Damn. Sometimes Dean swore that Rubens could read minds. “No, sir. I didn’t say it was.” Not out loud, at any rate.

“Espionage aside,” Rubens continued, “it’s the President’s assumption that the Russians have a perfect right to drill for oil up here. That’s not the issue. They do not have the right to hold American citizens hostage, to take over American science stations, or to claim half of the Arctic Ocean as their own personal backyard.”

“I understand, sir.”

“And they especially don’t have the right to kill or capture my people.”

That, of course, was the telling point-especially to a former Marine. Presidents and politicians might take their countries into war for the most selfish, shortsighted, vainglorious, or otherwise idiotic of reasons… but the men on the front lines didn’t fight for political causes. Not really. They fought for their buddies, the other grunts in the trenches with them. That had most likely been a basic principle of war even before Narmer united Egypt.

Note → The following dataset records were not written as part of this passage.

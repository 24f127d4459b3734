//! Lines of the values of a record.
ghost use Rattle.std.specs.Prelude.{◌≡◌, ◌++◌, ◌∷◌, List, OnOk, map, ℕ};
ghost use Rattle.std.specs.Result.{IfOk};
ghost use Rattle.std.specs.List.{flat_map};
ghost use Rattle.p21_grammar_tree.specs.View.{view};
ghost use Rattle.p21_syntax_words.specs.HeaderText.{string_lines, value_lines, values_lines};

use crate::lines::push_line;
use p21_grammar_tree::Param;
use p21_values::NoMemory;

/// Appends the lines of the first value, under its word, and gives the values behind it. Where there is none it appends none.
pub(crate) fn push_first<'a>(
    out: &mut Vec<u8>,
    word: &str,
    values: &'a [Param],
) -> Result<&'a [Param], NoMemory>
    ensures { IfOk result (λ rest. (words : List (List ℕ)) → out.old.items ++ values_lines (word.now ∷ words) (map view values.now) ≡ out.new.items ++ values_lines words (map view rest.now)) }
{
    let Some((first, rest)) = values.split_first() else {
        return Ok(values);
    };
    push_value(out, word, first)?;
    Ok(rest)
}

/// Appends a line for a text, or for each one of a list.
fn push_value(out: &mut Vec<u8>, word: &str, value: &Param) -> Result<(), NoMemory>
    ensures { OnOk result (out.new.items ≡ out.old.items ++ value_lines word.now (view value.now)) }
{
    match value {
        Param::Text(text) => push_line(out, word, text.chars()),
        Param::List(values) => push_strings(out, word, values.items()),
        _ => Ok(()),
    }
}

/// Appends a line for each text.
fn push_strings(out: &mut Vec<u8>, word: &str, values: &[Param]) -> Result<(), NoMemory>
    ensures { OnOk result (out.new.items ≡ out.old.items ++ flat_map (λ value. string_lines word.now (view value)) values.now) }
{
    for value in values {
        push_string(out, word, value)?;
    }
    Ok(())
}

/// Appends the line of a text.
fn push_string(out: &mut Vec<u8>, word: &str, value: &Param) -> Result<(), NoMemory>
    ensures { OnOk result (out.new.items ≡ out.old.items ++ string_lines word.now (view value.now)) }
{
    match value {
        Param::Text(text) => push_line(out, word, text.chars()),
        _ => Ok(()),
    }
}
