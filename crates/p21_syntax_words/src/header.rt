//! A header in words.
ghost use Rattle.std.specs.Prelude.{◌≡◌, ◌++◌, ◌∷◌, [], OnOk, codes, map};
ghost use Rattle.std.specs.Result.{IfOk};
ghost use Rattle.std.specs.List.{flat_map};
ghost use Rattle.p21_grammar_tree.specs.View.{key_view, part_view, part_views, view};
ghost use Rattle.p21_syntax_words.specs.HeaderText.{file_description_words, file_name_words, file_schema_words, header_text, is_keyword, key_text, record_lines, values_lines};

use crate::keys::push_key;
use crate::values::push_first;
use p21_grammar_tree::{Key, Param, Part};
use p21_values::NoMemory;
use std::alloc::Global;

/// The records of a header in words, a line for each of their texts: `description`, `implementation level`, `file name`,
/// `time stamp`, `author`, `organization`, `preprocessor version`, `originating system`, `authorization` and `schema` (ISO
/// 10303-21, header section). A further record has a line with its keyword.
///
/// # Errors
///
/// `NoMemory`.
pub fn header_words(alloc: Global, header: &[Part]) -> Result<Vec<u8>, NoMemory>
    ensures { IfOk result (λ text. text.items ≡ header_text (part_views header.now)) }
{
    let mut text = Vec::new(alloc);
    for part in header {
        push_record(&mut text, part)?;
    }
    Ok(text)
}

/// Appends the lines of a record.
fn push_record(out: &mut Vec<u8>, part: &Part) -> Result<(), NoMemory>
    ensures { OnOk result (out.new.items ≡ out.old.items ++ record_lines (part_view part.now)) }
{
    if is_keyword(&part.key, b"FILE_DESCRIPTION") {
        return push_file_description(out, part.params.items());
    }
    if is_keyword(&part.key, b"FILE_NAME") {
        return push_file_name(out, part.params.items());
    }
    if is_keyword(&part.key, b"FILE_SCHEMA") {
        return push_file_schema(out, part.params.items());
    }
    push_further(out, &part.key)
}

/// Whether a key is this keyword, and no user keyword.
fn is_keyword(key: &Key, word: &[u8]) -> bool
    ensures { result ≡ is_keyword (key_view key.now) word.now }
{
    !key.user && key.word.bytes() == word
}

fn push_file_description(out: &mut Vec<u8>, values: &[Param]) -> Result<(), NoMemory>
    ensures { OnOk result (out.new.items ≡ out.old.items ++ values_lines file_description_words (map view values.now)) }
{
    let values = push_first(out, "description", values)?;
    push_first(out, "implementation level", values)?;
    Ok(())
}

fn push_file_name(out: &mut Vec<u8>, values: &[Param]) -> Result<(), NoMemory>
    ensures { OnOk result (out.new.items ≡ out.old.items ++ values_lines file_name_words (map view values.now)) }
{
    let values = push_first(out, "file name", values)?;
    let values = push_first(out, "time stamp", values)?;
    let values = push_first(out, "author", values)?;
    let values = push_first(out, "organization", values)?;
    let values = push_first(out, "preprocessor version", values)?;
    let values = push_first(out, "originating system", values)?;
    push_first(out, "authorization", values)?;
    Ok(())
}

fn push_file_schema(out: &mut Vec<u8>, values: &[Param]) -> Result<(), NoMemory>
    ensures { OnOk result (out.new.items ≡ out.old.items ++ values_lines file_schema_words (map view values.now)) }
{
    push_first(out, "schema", values)?;
    Ok(())
}

/// Appends the line of a further record.
fn push_further(out: &mut Vec<u8>, key: &Key) -> Result<(), NoMemory>
    ensures { OnOk result (out.new.items ≡ out.old.items ++ (codes "further record: " ++ (key_text (key_view key.now) ++ 10 ∷ []))) }
{
    out.extend_from_slice(b"further record: ")?;
    push_key(out, key)?;
    out.push(b'\n')?;
    Ok(())
}
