// The original's rule for a change of quality (000, 'Changing quality' in 01): the requested quality becomes the
// target, and a fade to it starts again from the current one.
ghost use Rattle.std.specs.Prelude.{◌≡◌, false, ◌<◌};
ghost use Rattle.quality_fade.specs.Fade.{fade_of};
ghost use Rattle.quality_fade.specs.Step.{asked_of, plain_of, turn_of};

use super::{Fade, Turn};
use quality_mode::QualityMode;

// The state after a quality was requested.
pub fn ask(state: Fade, asked: QualityMode) -> Fade
    ensures { result ≡ asked_of state asked }
{
    let current = state.current;
    let target = state.target;
    if quality_mode::same(asked, target) {
        return state;
    }
    left(current, asked, 0, state.crossfade_samples)
}

// Whether the call reads one quality only.
fn plain(state: Fade) -> bool
    ensures { result ≡ plain_of state }
{
    let current = state.current;
    let target = state.target;
    if quality_mode::same(current, target) {
        true
    } else {
        state.crossfade_samples == 0
    }
}

fn left(
    current: QualityMode,
    target: QualityMode,
    crossfade_position: u32,
    crossfade_samples: u32,
) -> Fade
    ensures { result ≡ fade_of current target crossfade_position crossfade_samples }
{
    Fade {
        current: current,
        target: target,
        crossfade_position: crossfade_position,
        crossfade_samples: crossfade_samples,
    }
}

// The call itself, on the state that `ask` gives for its quality.
pub(crate) fn turn(state: Fade) -> Turn
    requires { plain_of state ≡ false → state.crossfade_position < state.crossfade_samples }
    ensures { result ≡ turn_of state }
{
    let current = state.current;
    let target = state.target;
    if plain(state) {
        return Turn {
            state: left(
                target,
                target,
                state.crossfade_position,
                state.crossfade_samples,
            ),
            mixed: false,
            from: target,
            to: target,
            weight: 0,
        };
    }
    let weight = state.crossfade_position + 1;
    // Q1. The last mixed call makes the target current.
    let next = if state.crossfade_samples <= weight {
        target
    } else {
        current
    };
    Turn {
        state: left(next, target, weight, state.crossfade_samples),
        mixed: true,
        from: current,
        to: target,
        weight: weight,
    }
}
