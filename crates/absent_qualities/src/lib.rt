// The absent taps of what a quality reads from a bank, and of a call that may read two qualities (W7g). The numbers of
// every reading are added.
#![tactic(auto)]

mod sums; // two readings added

ghost use Rattle.std.specs.Prelude.{◌≡◌};
ghost use Rattle.ring.specs.Length.{zeros};
ghost use Rattle.absent_qualities.specs.Readings.{of_quality, of_turn};

use absent_taps::Absent;
use bank_choice::Choice;
use quality_fade::Turn;
use quality_mode::QualityMode;
use sums::plus;

// Draft reads the cubic's four taps once; another quality reads its table's taps in the set that is chosen, or in both.
pub fn of_quality(
    choice: Choice,
    quality: QualityMode,
    len: usize,
    count: u64,
    position: f64,
) -> Absent
    ensures { result ≡ of_quality choice quality (zeros len) count position }
{
    if quality_mode::same(quality, QualityMode::Draft) {
        return absent_taps::missing(len, count, position, 4);
    }
    let taps = quality_mode::taps(quality);
    let one = absent_taps::missing(len, count, position, taps as u64);
    if choice.which < 2 {
        return one;
    }
    plus(one, one)
}

// A mixed call reads both of its qualities, any other call only one.
pub fn of_turn(choice: Choice, turn: Turn, len: usize, count: u64, position: f64) -> Absent
    ensures { result ≡ of_turn choice turn (zeros len) count position }
{
    let to = turn.to;
    let second = of_quality(choice, to, len, count, position);
    if turn.mixed {
        let from = turn.from;
        let first = of_quality(choice, from, len, count, position);
        return plus(first, second);
    }
    second
}
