// The sum of two readings' numbers.
ghost use Rattle.std.specs.Prelude.{◌≡◌};
ghost use Rattle.absent_taps.specs.Absent as numbers;
ghost use Rattle.absent_qualities.specs.Readings.{Few};

use absent_taps::Absent;

// No sum overflows, because no reading has more taps than two tables.
pub(crate) fn plus(a: Absent, b: Absent) -> Absent
    requires { Few a × Few b }
    ensures { result ≡ numbers.plus a b }
{
    Absent {
        unwritten: a.unwritten + b.unwritten,
        ahead: a.ahead + b.ahead,
        overwritten: a.overwritten + b.overwritten,
    }
}
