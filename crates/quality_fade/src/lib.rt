// The change of quality, without samples: which qualities an accepted call reads, and what it leaves of the current and
// target quality, the crossfade's position and its length (Q1 to Q3).
#![tactic(auto)]

mod ported; // 000's rule

ghost use Rattle.std.specs.Prelude.{◌≡◌};
ghost use Rattle.quality_fade.specs.Fade.{length_ok, place_ok, open_of, reset_of};
ghost use Rattle.quality_fade.specs.Step.{step_of};

use quality_mode::QualityMode;

#[derive(Clone, Copy)]
pub struct Fade {
    pub current: QualityMode,
    pub target: QualityMode,
    pub crossfade_position: u32,
    pub crossfade_samples: u32,
}

// What an accepted call does: the state it leaves, whether it mixes, the two qualities it reads (the same one twice if
// it does not mix), and the weight of the second, in parts of crossfade_samples.
#[derive(Clone, Copy)]
pub struct Turn {
    pub state: Fade,
    pub mixed: bool,
    pub from: QualityMode,
    pub to: QualityMode,
    pub weight: u32,
}

// G2. The length is at most 2^24, so that a weight and the length are both exact as f32 values.
pub fn length_ok(crossfade_samples: u32) -> bool
    ensures { result ≡ length_ok crossfade_samples }
{
    crossfade_samples <= 16777216
}

// The position is at most the length, and below it while a fade runs (G2).
pub fn place_ok(state: Fade) -> bool
    ensures { result ≡ place_ok state }
{
    let current = state.current;
    let target = state.target;
    if quality_mode::same(current, target) {
        state.crossfade_position <= state.crossfade_samples
    } else {
        state.crossfade_position < state.crossfade_samples
    }
}

// One accepted call that requests a quality. A state out of range is left as it is, because its position plus 1 might
// overflow.
pub fn step(state: Fade, asked: QualityMode) -> Turn
    ensures { result ≡ step_of state asked }
{
    if length_ok(state.crossfade_samples) {
        if place_ok(state) {
            return ported::turn(ported::ask(state, asked));
        }
    }
    let target = state.target;
    Turn {
        state: state,
        mixed: false,
        from: target,
        to: target,
        weight: 0,
    }
}

// Q3. After opening, the one quality is current and target, and nothing is left to fade.
pub fn open(quality: QualityMode, crossfade_samples: u32) -> Fade
    ensures { result ≡ open_of quality crossfade_samples }
{
    Fade {
        current: quality,
        target: quality,
        crossfade_position: crossfade_samples,
        crossfade_samples: crossfade_samples,
    }
}

// A reset makes the target current and leaves nothing to fade (Q3).
pub fn reset(state: Fade) -> Fade
    ensures { result ≡ reset_of state }
{
    let target = state.target;
    open(target, state.crossfade_samples)
}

“If Braslov’s up here, I’ll find him,” Dean said.

“Good. Alive. I’ll also want you to keep an eye on the people the SEALs rescue, make sure they all get out okay. Two of them are intelligence operatives, remember-Yeats and McMillan-and McMillan is one of ours.”

“Yes, sir.”

“According to the diplomatic communiqué, two of the hostages are injured, one of them seriously.”

“Jesus. What happened?”

“No details yet, but the Russians reportedly have both of them in the hospital facility on board one of the ships. They also have a body.”

“Of who?”

“According to the Russians, the dead guy is Kenneth Richardson. He was the leader of the Greenpeace film crew at the NOAA ice station. They say the NOAA CO shot him twice, and that another Greenpeace guy smacked the CO in the face with an iron bar.”

“That’s the badly injured man?”

“Commander Larson, yes.”

“And the guy who hit him?”

Rubens’ mouth twitched in an almost smile. “Harry Benford.”

“Well, well, well. The possible spy.”

“Benford is the other man. Apparently, Larson shot him in the arm before Benford was able to hit Larson.”

“And if Benford was working for the Russians, maybe he set the whole thing up.”

“That is the belief of the analysts we have working on the intelligence developed by Miss DeFrancesca and Mr. Akulinin,” Rubens said. “The Russians were looking for an excuse to move in and grab the NOAA station. Quite possibly, they’d already realized that we were spying on their base from one of our met stations nearby. A murder is reported-a murder supposedly committed by the leader of the scientific expedition, no less-and the Russians, claiming that region as their legal jurisdiction anyway, move in. They probably hope to use the incident in support of their official claim to the Arctic basin.”